PROBLEM TO SOLVE. Look through the data below for the line with "Gives (map entry_of)" and the line with "The declaration as", then output those two and all lines in between, exactly as written.

EXTRACTED INFORMATION.
ghost use Rattle.std.specs.Prelude.{◌≡◌, ◌∷◌, [], ◌+◌, ◌<◌, IfOk, OnErr};
ghost use Rattle.core_terms.specs.declared.stop.Stop.TheVariants.{Memory};
ghost use Rattle.core_sig.specs.Meanings.{entry_of};
ghost use Rattle.mutual_pack.specs.MutualFamilies.{packed_of};
ghost use Rattle.mutual_pack.specs.Inductions as spec;

use crate::Packed;
use crate::numbers::level_in;
use core_sig::{Entry, generated_name};
use core_terms::{Items, Name, Stop};
use std::alloc::Global;

/// The name of a definition.
pub fn name_of(entry: &Entry) -> &[u8]
    ensures { result.now ≡ spec.name_of (entry_of entry.now) }
{
    match entry {
        Entry::Def { name, .. } => name.as_slice(),
        _ => b"",
    }
}

/// `Mk!ind`.
pub fn induction_name(alloc: Global, member: &[u8]) -> Result<Name, Stop>
    ensures ok { IfOk result (λ name. name ≡ spec.induction_name member.now) }
    ensures memory { OnErr result (result ≡ Err Memory) }
{
    let mut name = member.to_vec(alloc)?;
    name.extend_from_slice(b"!ind")?;
    Ok(Name::from_vec(name))
}

/// `T!case.(l+1)`, as the only name.
pub fn analysis_names(alloc: Global, packed: &Packed) -> Result<Items<Name>, Stop>
    requires { spec.level_in (packed_of packed.now).family.type + 1 < 100 }
    ensures ok { IfOk result (λ names. names ≡ spec.analysis_name (packed_of packed.now) ∷ []) }
    ensures memory { OnErr result (result ≡ Err Memory) }
{
    let l = level_in(&packed.family.ty);
    let name = generated_name(alloc, &packed.tag.name, b"!case.", l + 1)?;
    let mut names = Items::new(alloc);
    names.push(name)?;
    Ok(names)
}
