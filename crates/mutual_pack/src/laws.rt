//! What is packed, in the words of the theory.
ghost use Rattle.mutual_pack.specs.EquationLaws.{SidesConvert};
ghost use Rattle.mutual_pack.specs.EquationScopes.{SidesAreScoped};
ghost use Rattle.mutual_pack.specs.InductionLaws.{InductionUnfolds};
ghost use Rattle.mutual_pack.specs.PackedScopes.{PackedIsScoped};
ghost use Rattle.mutual_pack.specs.PackingLaws.{LevelIsLow, MembersUnfold, NoMemberIsLeft, PackedIsPositive};
ghost use Rattle.mutual_pack.specs.TagLaws.{ConstructorsAreAtTheirTags};

/// The level of what is packed leaves room for two levels above it.
pub fn level_is_low()
    ensures { LevelIsLow }
{}

/// No member is left in the type of a constructor of the packed family.
pub fn no_member_is_left()
    ensures { NoMemberIsLeft }
{}

/// The packed family is positive.
pub fn packed_is_positive()
    ensures { PackedIsPositive }
{}

/// The packed family is scoped.
pub fn packed_is_scoped()
    ensures { PackedIsScoped }
{}

/// At a tag the packed family has the constructors of the tag's member, and no others.
pub fn constructors_are_at_their_tags()
    ensures { ConstructorsAreAtTheirTags }
{}

/// The type of each constructor as packed converts to the written one, where the members are their definitions.
pub fn members_unfold()
    ensures { MembersUnfold }
{}

/// An induction converts to the eliminator of the packed family.
pub fn induction_unfolds()
    ensures { InductionUnfolds }
{}

/// Both sides of the equation of each constructor convert.
pub fn sides_convert()
    ensures { SidesConvert }
{}

/// The equation of each constructor is scoped.
pub fn sides_are_scoped()
    ensures { SidesAreScoped }
{}
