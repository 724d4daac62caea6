//! The tag family, the packed family and the definitions of the members.
ghost use Rattle.std.specs.Prelude.{◌≤◌, ◌<◌, ◌+◌, ◌++◌, ◌^◌, Ok, length, map};
ghost use Rattle.theory.specs.Terms as tree;
ghost use Rattle.core_terms.specs.Answers.{Gives};
ghost use Rattle.core_terms.specs.Meanings.{tele_of, tree_of};
ghost use Rattle.core_sig.specs.Meanings.{entry_of};
ghost use Rattle.core_sig.specs.Raw.{raw_constructor_of, raw_of, member_of, mutual_of};
ghost use Rattle.mutual_pack.specs.MutualFamilies.{all_constructors, packed_of};
ghost use Rattle.mutual_pack.specs.Fitting.{AreLowMembers, AreNear, HaveLowTypes};
ghost use Rattle.mutual_pack.specs.Packing as spec;

use crate::Packed;
use crate::members::Members;
use crate::packed_types::{packed_type, tagged};
use case_below_gen::closed_over;
use core_sig::{Entry, MutualRaw, RawCon, RawFamily, RawMember};
use core_terms::{Binder, Items, Name, Stop, Term, copy_name, copy_tele};
use std::alloc::Global;

/// The constructor of the tag family with the name.
fn tag_constructor(alloc: Global, g: Members, name: &Name) -> Result<RawCon, Stop>
    ensures { Gives raw_constructor_of result (Ok (spec.tag_constructor g name.now)) }
{
    Ok(RawCon {
        name: copy_name(alloc, name)?,
        ty: Term::Fam(g.first),
    })
}

/// The constructors of the tag family, after those that are made.
#[tactic(auto, using(tele_eq::proofs::Growing::growing))]
fn with_tags(
    alloc: Global,
    g: Members,
    tags: &[Name],
    mut made: Items<RawCon>,
) -> Result<Items<RawCon>, Stop>
    ensures { Gives (map raw_constructor_of) result (Ok (map raw_constructor_of made ++ map (spec.tag_constructor g) tags.now)) }
{
    match tags {
        [] => Ok(made),
        [tag, rest @ ..] => {
            made.push(tag_constructor(alloc, g, tag)?)?;
            with_tags(alloc, g, rest, made)
        }
    }
}

/// The tag family.
fn tag_family(alloc: Global, g: Members, name: &Name, tags: &[Name]) -> Result<RawFamily, Stop>
    ensures { Gives raw_of result (Ok (spec.tag_family g name.now tags.now)) }
{
    let cons = with_tags(alloc, g, tags, Items::new(alloc))?;
    Ok(RawFamily {
        name: copy_name(alloc, name)?,
        params: Items::new(alloc),
        ty: Term::Sort(0),
        cons,
    })
}

/// A constructor of the packed family.
fn packed_constructor(alloc: Global, g: Members, con: &RawCon) -> Result<RawCon, Stop>
    requires near { AreNear g }
    requires low { tree.height (tree_of con.now.ty) ≤ 2000 }
    ensures { Gives raw_constructor_of result (Ok (spec.packed_constructor g (raw_constructor_of con.now))) }
{
    let name = copy_name(alloc, &con.name)?;
    let ty = packed_type(alloc, g, 0, &con.ty)?;
    Ok(RawCon { name, ty })
}

/// The constructors of a member in the packed family, after those that are made.
#[tactic(auto, using(tele_eq::proofs::Growing::growing))]
fn with_constructors(
    alloc: Global,
    g: Members,
    cons: &[RawCon],
    mut made: Items<RawCon>,
) -> Result<Items<RawCon>, Stop>
    requires near { AreNear g }
    requires low { HaveLowTypes (map raw_constructor_of cons.now) }
    ensures { Gives (map raw_constructor_of) result (Ok (map raw_constructor_of made ++ map (spec.packed_constructor g) (map raw_constructor_of cons.now))) }
{
    match cons {
        [] => Ok(made),
        [con, rest @ ..] => {
            made.push(packed_constructor(alloc, g, con)?)?;
            with_constructors(alloc, g, rest, made)
        }
    }
}

/// Those of all members.
#[tactic(auto, using(crate::proofs::Flattening::flattened))]
fn with_members(
    alloc: Global,
    g: Members,
    members: &[RawMember],
    made: Items<RawCon>,
) -> Result<Items<RawCon>, Stop>
    requires near { AreNear g }
    requires low { AreLowMembers (map member_of members.now) }
    ensures { Gives (map raw_constructor_of) result (Ok (map raw_constructor_of made ++ map (spec.packed_constructor g) (all_constructors (map member_of members.now)))) }
{
    match members {
        [] => Ok(made),
        [member, rest @ ..] => {
            let made = with_constructors(alloc, g, member.cons.as_slice(), made)?;
            with_members(alloc, g, rest, made)
        }
    }
}

/// The packed family, of level `l`.
fn packed_family(alloc: Global, g: Members, l: u8, d: &MutualRaw) -> Result<RawFamily, Stop>
    requires near { AreNear g }
    requires low { AreLowMembers (map member_of d.now.members) }
    ensures { Gives raw_of result (Ok (spec.packed_family g l (mutual_of d.now))) }
{
    let name = copy_name(alloc, &d.family)?;
    let params = copy_tele(alloc, d.params.as_slice())?;
    let ty = Term::new_pi(alloc, Term::Fam(g.first), Term::Sort(l))?;
    let cons = with_members(alloc, g, d.members.as_slice(), Items::new(alloc))?;
    Ok(RawFamily {
        name,
        params,
        ty,
        cons,
    })
}

/// The definition of member `k`.
fn member_entry(
    alloc: Global,
    g: Members,
    l: u8,
    params: &[Term],
    k: u32,
    member: &RawMember,
) -> Result<Entry, Stop>
    requires near { AreNear g }
    ensures { Gives entry_of result (Ok (spec.member_entry g l (tele_of params.now) k (member_of member.now))) }
{
    let name = copy_name(alloc, &member.name)?;
    let ty = closed_over(alloc, Binder::Product, params, Term::Sort(l))?;
    let end = tagged(alloc, g, k, g.params)?;
    let body = closed_over(alloc, Binder::Function, params, end)?;
    Ok(Entry::Def { name, ty, body })
}

/// The definitions of the members from `k` on, after those that are made.
#[tactic(auto, using(tele_eq::proofs::Growing::growing))]
fn member_entries(
    alloc: Global,
    g: Members,
    l: u8,
    params: &[Term],
    k: u32,
    members: &[RawMember],
    mut made: Items<Entry>,
) -> Result<Items<Entry>, Stop>
    requires near { AreNear g }
    requires number { k + length members.now < 2 ^ 32 }
    ensures { Gives (map entry_of) result (Ok (map entry_of made ++ spec.member_entries g l (tele_of params.now) k (map member_of members.now))) }
{
    match members {
        [] => Ok(made),
        [member, rest @ ..] => {
            made.push(member_entry(alloc, g, l, params, k, member)?)?;
            member_entries(alloc, g, l, params, k + 1, rest, made)
        }
    }
}

/// The number once for each constructor, after those that are made.
#[tactic(auto, using(tele_eq::proofs::Growing::listing))]
fn repeated(k: u32, cons: &[RawCon], mut made: Items<u32>) -> Result<Items<u32>, Stop>
    ensures { Gives (λ owners. owners) result (Ok (made ++ map (λ c. k) (map raw_constructor_of cons.now))) }
{
    match cons {
        [] => Ok(made),
        [_, rest @ ..] => {
            made.push(k)?;
            repeated(k, rest, made)
        }
    }
}

/// The member that declares each constructor, for the members from `k` on, after those that are made.
#[tactic(auto, using(crate::proofs::Flattening::flattened))]
fn owners_from(k: u32, members: &[RawMember], made: Items<u32>) -> Result<Items<u32>, Stop>
    requires { k + length members.now < 2 ^ 32 }
    ensures { Gives (λ owners. owners) result (Ok (made ++ spec.owners_from k (map member_of members.now))) }
{
    match members {
        [] => Ok(made),
        [member, rest @ ..] => {
            let made = repeated(k, member.cons.as_slice(), made)?;
            owners_from(k + 1, rest, made)
        }
    }
}

/// The declaration as one family, of level `l`.
pub fn packed_with(alloc: Global, g: Members, l: u8, d: &MutualRaw) -> Result<Packed, Stop>
    requires near { AreNear g }
    requires count { length d.now.members < 2 ^ 32 }
    requires low { AreLowMembers (map member_of d.now.members) }
    ensures { Gives packed_of result (Ok (spec.packed_with g l (mutual_of d.now))) }
{
    let tag = tag_family(alloc, g, &d.tag, d.tags.as_slice())?;
    let family = packed_family(alloc, g, l, d)?;
    let members = d.members.as_slice();
    let params = d.params.as_slice();
    let entries = member_entries(alloc, g, l, params, 0, members, Items::new(alloc))?;
    let owners = owners_from(0, members, Items::new(alloc))?;
    Ok(Packed {
        tag,
        family,
        members: entries,
        owners,
    })
}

RESULT OF THIS TASK.
    ensures { Gives (map entry_of) result (Ok (map entry_of made ++ spec.member_entries g l (tele_of params.now) k (map member_of members.now))) }
{
    match members {
        [] => Ok(made),
        [member, rest @ ..] => {
            made.push(member_entry(alloc, g, l, params, k, member)?)?;
            member_entries(alloc, g, l, params, k + 1, rest, made)
        }
    }
}

/// The number once for each constructor, after those that are made.
#[tactic(auto, using(tele_eq::proofs::Growing::listing))]
fn repeated(k: u32, cons: &[RawCon], mut made: Items<u32>) -> Result<Items<u32>, Stop>
    ensures { Gives (λ owners. owners) result (Ok (made ++ map (λ c. k) (map raw_constructor_of cons.now))) }
{
    match cons {
        [] => Ok(made),
        [_, rest @ ..] => {
            made.push(k)?;
            repeated(k, rest, made)
        }
    }
}

/// The member that declares each constructor, for the members from `k` on, after those that are made.
#[tactic(auto, using(crate::proofs::Flattening::flattened))]
fn owners_from(k: u32, members: &[RawMember], made: Items<u32>) -> Result<Items<u32>, Stop>
    requires { k + length members.now < 2 ^ 32 }
    ensures { Gives (λ owners. owners) result (Ok (made ++ spec.owners_from k (map member_of members.now))) }
{
    match members {
        [] => Ok(made),
        [member, rest @ ..] => {
            let made = repeated(k, member.cons.as_slice(), made)?;
            owners_from(k + 1, rest, made)
        }
    }
}

/// The declaration as one family, of level `l`.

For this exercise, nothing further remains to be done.